During the Roman empire men wore fibula, a precursor to the brooch–think super-ornate safety pin–that held fabric in place and was positioned on the right shoulder. For European aristocrats and royalty, the preference veered towards left side placement, at lapel level, the rationale being that courtly life required so many salutations and thus frequent use of one’s right hand meant jewelry had a better vantage point on the left. For romantics, a brooch on the left is closer to one’s heart. And for those in mourning, the Cameo brooch placed centrally on the neck–lock of hair of the dearly departed an optional extra—reached peak popularity in the Victorian Era before having an Alessandro Michele-endorsed reboot at Gucci in the last decade. Weep, but make it fashion.

All this to say the brooch never really went away, and has in fact been positively thriving. But why is this the case? Frank Everett, SVP of Sotheby’s Jewelry in New York has a theory: “The brooch is the purest form for a designer to create, as it isn’t encumbered by the requirements of fitting a neck, wrist, or finger.” Being intrinsically inclusive before it was a consideration is added by their ability to shape-shift both literally and metaphorically, reflecting the needs and wants of each generation.
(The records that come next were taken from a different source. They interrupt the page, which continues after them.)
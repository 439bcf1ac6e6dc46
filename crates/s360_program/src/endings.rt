//! How a program ends (Principles of Operation, Input/Output Operations: 'Conclusion of Input/Output Operations').

ghost use Rattle.std.specs.Prelude.{◌≡◌, false, [], Some};
ghost use Rattle.ckd_command.specs.Drive.{is_written, unsaved};
ghost use Rattle.s360_laws.specs.Endings.{ending};
ghost use Rattle.ckd_drive.specs.Work.{passed_of, fault_met, CallsStore, Reports};
ghost use Rattle.s360_program.specs.Advances.{IsEnding};
ghost use Rattle.s360_program.specs.Place.{place_of};
ghost use Rattle.s360_program.specs.Steps.{Settles, status_of, closed_with, told_of};

use crate::conditions::{ChannelCondition, csw_at, with_interruption};
use crate::run::{Ended, Run};
use ckd_command::DriveEnding;
use ckd_drive::Drive;
use ckd_image::ImageStore;
use s360_words::{Csw, UnitStatus};

/// Ends a program whose last command ended so: the drive saves the track that was written.
// Out of the way of the units that go on, which it made slower.
#[inline(never)]
pub(crate) fn end_program<S: ImageStore>(
    run: &mut Run,
    drive_ending: DriveEnding,
    condition: ChannelCondition,
    drive: &mut Drive<S>,
)
    requires { passed_of drive.old.work ≡ [] }
    ensures { Settles (closed_with drive.old.state drive_ending) run.old.key (place_of run.old.place) condition
        (told_of run.new) drive.old drive.new }
{
    let unit = match drive.settle() {
        Ok(()) => drive_ending.unit,
        Err(_) => UnitStatus(drive_ending.unit.0 | UnitStatus::UNIT_CHECK.0),
    };
    let channel = with_interruption(run.place.interruption, condition.beside(unit));
    run.ended = Ended {
        unit,
        channel,
        motion: drive_ending.motion,
    };
}

/// The channel status word of a program that ended so, where it stands, and whether the arm still moves.
#[inline(always)]
pub(crate) fn told(run: &Run) -> (Csw, bool)
    ensures { result ≡ told_of run.now }
{
    let ended = run.ended;
    let csw = csw_at(run.key, &run.place, ended.unit, ended.channel);
    (csw, ended.motion)
}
“I wear a brooch almost every day, some borrowed, and some my own," says Everett, a lifelong brooch wearer. "Flowers are my favorite, like a boutonnière that never wilts! I especially love 19th-century silver-topped gold floral sprays with old-cut stones, Art Deco diamond double-clips, and retro brooches from the 1940s in high-polish yellow gold. At this point I truly feel undressed without a brooch.”